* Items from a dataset
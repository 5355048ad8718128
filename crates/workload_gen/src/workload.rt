//! The rules of a seed, and the keys one after the other.

ghost use Rattle.std.specs.Prelude.{◌≡◌, ◌≤◌, IfOk};
ghost use Rattle.workload_gen.specs.declared.workload.TheConstants.{MAX_WORKLOAD_RULES};
ghost use Rattle.workload_gen.specs.Workload.{workload_of};

use crate::draws::{draw, seeded};
use crate::packet::{KEY_LEN, Packet};
use crate::rule::rule;
use field_defs::ip4_layout;
use rand_pcg::Lcg64Xsh32;
use rule_set::{RuleSet, StoredRule};
use std::alloc::{AllocError, Global};
use std::marker::Model;

/// How many rules a workload has at most.
pub const MAX_WORKLOAD_RULES: u32 = 1024;

/// Rules of the IPv4 layout that a seed gives, and the generator that gives the keys.
///
/// Contracts see the list of the rules and the state of the generator.
#[derive(Drop)]
pub struct Workload {
    rules: RuleSet,
    generator: Lcg64Xsh32,
}

impl Model for Workload {
    ghost use Rattle.std.specs.Prelude.{◌≡◌};
    ghost use Rattle.field_defs.specs.Layout.{ip4_fields};
    ghost use Rattle.workload_gen.specs.Workload.{WorkloadView};

    ghost Value = { WorkloadView };

    ghost view = { λ w. record { rules = w.rules.rules; generator = w.generator } };

    ghost invariant = { λ w. w.rules.layout ≡ ip4_fields };
}

/// The first `count` rules of a seed, at most [`MAX_WORKLOAD_RULES`]. Rule i has the userdata i,
/// from 1. It takes memory for the rules.
pub fn make_rules(alloc: Global, seed: u64, count: u32) -> Result<Workload, AllocError>
    requires { count ≤ MAX_WORKLOAD_RULES }
    ensures { IfOk result (λ workload. workload ≡ workload_of seed count) }
{
    let mut generator = seeded(seed);
    let mut rules = RuleSet::new(alloc, ip4_layout());
    for place in 0..count {
        let drawn = rule(alloc, place + 1, draw(&mut generator))?;
        rules.push_lawful(drawn)?;
    }
    Ok(Workload { rules, generator })
}

impl Workload {
    ghost use Rattle.std.specs.Prelude.{IfSome, None, option_copied};
    ghost use Rattle.rule_set.specs.Fault.{rule_fault};
    ghost use Rattle.field_defs.specs.Layout.{ip4_fields};
    ghost use Rattle.workload_gen.specs.Draws.{after_words, words_of};
    ghost use Rattle.workload_gen.specs.Packet.{key_of_words, target_of};
    ghost use Rattle.workload_gen.specs.declared.packet.TheConstants.{KEY_WORDS};

    /// The rules, in the order of their numbers.
    pub fn rules(&self) -> &RuleSet
        ensures { result.now ≡ record { layout = ip4_fields; rules = self.now.rules } }
    {
        &self.rules
    }

    /// Writes the key of the generator's next four words, in network order:
    ///
    ///     | protocol: 1 | source: 4 | destination: 4 | source port: 2 | destination port: 2 |
    ///
    /// One key in four is drawn freely, and all are where there is no rule. The others are aimed at
    /// a rule, and match it: they have its protocol, its addresses and its lowest destination
    /// port. The rules stay. It takes no memory.
    pub fn next_key(&mut self, key: &mut [u8; KEY_LEN])
        ensures key { key.new
            ≡ key_of_words self.old.rules (words_of KEY_WORDS self.old.generator) }
        ensures state { self.new ≡ record self.old {
          generator = after_words KEY_WORDS self.old.generator;
        } }
    {
        let words = draw(&mut self.generator);
        let packet = match self.target(words[0]) {
            None => Packet::drawn(words),
            Some(rule) => Packet::aimed(rule, words),
        };
        *key = packet.key();
    }

    /// The rule that a packet is aimed at, by its first word, or none for one that is drawn freely.
    fn target(&self, word: u32) -> Option<&StoredRule>
        ensures rule { target_of self.now.rules word ≡ option_copied result }
        ensures lawful { IfSome result (λ rule.
            rule_fault ip4_fields rule.now.tag rule.now.fields ≡ None) }
    {
        if self.rules.is_empty() || word % 4 == 0 {
            return None;
        }
        Some(self.rules.at((word / 4) as usize % self.rules.len()))
    }
}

* Exercise requirements
Could you repeat every record word for word?

* Output for this task
repository 5355048ad8718128
filename crates/workload_gen/src/workload.rt
//! The rules of a seed, and the keys one after the other.

ghost use Rattle.std.specs.Prelude.{◌≡◌, ◌≤◌, IfOk};
ghost use Rattle.workload_gen.specs.declared.workload.TheConstants.{MAX_WORKLOAD_RULES};
ghost use Rattle.workload_gen.specs.Workload.{workload_of};

use crate::draws::{draw, seeded};
use crate::packet::{KEY_LEN, Packet};
use crate::rule::rule;
use field_defs::ip4_layout;
use rand_pcg::Lcg64Xsh32;
use rule_set::{RuleSet, StoredRule};
use std::alloc::{AllocError, Global};
use std::marker::Model;

/// How many rules a workload has at most.
pub const MAX_WORKLOAD_RULES: u32 = 1024;

/// Rules of the IPv4 layout that a seed gives, and the generator that gives the keys.
///
/// Contracts see the list of the rules and the state of the generator.
#[derive(Drop)]
pub struct Workload {
    rules: RuleSet,
    generator: Lcg64Xsh32,
}

impl Model for Workload {
    ghost use Rattle.std.specs.Prelude.{◌≡◌};
    ghost use Rattle.field_defs.specs.Layout.{ip4_fields};
    ghost use Rattle.workload_gen.specs.Workload.{WorkloadView};

    ghost Value = { WorkloadView };

    ghost view = { λ w. record { rules = w.rules.rules; generator = w.generator } };

    ghost invariant = { λ w. w.rules.layout ≡ ip4_fields };
}

/// The first `count` rules of a seed, at most [`MAX_WORKLOAD_RULES`]. Rule i has the userdata i,
/// from 1. It takes memory for the rules.
pub fn make_rules(alloc: Global, seed: u64, count: u32) -> Result<Workload, AllocError>
    requires { count ≤ MAX_WORKLOAD_RULES }
    ensures { IfOk result (λ workload. workload ≡ workload_of seed count) }
{
    let mut generator = seeded(seed);
    let mut rules = RuleSet::new(alloc, ip4_layout());
    for place in 0..count {
        let drawn = rule(alloc, place + 1, draw(&mut generator))?;
        rules.push_lawful(drawn)?;
    }
    Ok(Workload { rules, generator })
}

impl Workload {
    ghost use Rattle.std.specs.Prelude.{IfSome, None, option_copied};
    ghost use Rattle.rule_set.specs.Fault.{rule_fault};
    ghost use Rattle.field_defs.specs.Layout.{ip4_fields};
    ghost use Rattle.workload_gen.specs.Draws.{after_words, words_of};
    ghost use Rattle.workload_gen.specs.Packet.{key_of_words, target_of};
    ghost use Rattle.workload_gen.specs.declared.packet.TheConstants.{KEY_WORDS};

    /// The rules, in the order of their numbers.
    pub fn rules(&self) -> &RuleSet
        ensures { result.now ≡ record { layout = ip4_fields; rules = self.now.rules } }
    {
        &self.rules
    }

    /// Writes the key of the generator's next four words, in network order:
    ///
    ///     | protocol: 1 | source: 4 | destination: 4 | source port: 2 | destination port: 2 |
    ///
    /// One key in four is drawn freely, and all are where there is no rule. The others are aimed at
    /// a rule, and match it: they have its protocol, its addresses and its lowest destination
    /// port. The rules stay. It takes no memory.
    pub fn next_key(&mut self, key: &mut [u8; KEY_LEN])
        ensures key { key.new
            ≡ key_of_words self.old.rules (words_of KEY_WORDS self.old.generator) }
        ensures state { self.new ≡ record self.old {
          generator = after_words KEY_WORDS self.old.generator;
        } }
    {
        let words = draw(&mut self.generator);
        let packet = match self.target(words[0]) {
            None => Packet::drawn(words),
            Some(rule) => Packet::aimed(rule, words),
        };
        *key = packet.key();
    }

    /// The rule that a packet is aimed at, by its first word, or none for one that is drawn freely.
    fn target(&self, word: u32) -> Option<&StoredRule>
        ensures rule { target_of self.now.rules word ≡ option_copied result }
        ensures lawful { IfSome result (λ rule.
            rule_fault ip4_fields rule.now.tag rule.now.fields ≡ None) }
    {
        if self.rules.is_empty() || word % 4 == 0 {
            return None;
        }
        Some(self.rules.at((word / 4) as usize % self.rules.len()))
    }
}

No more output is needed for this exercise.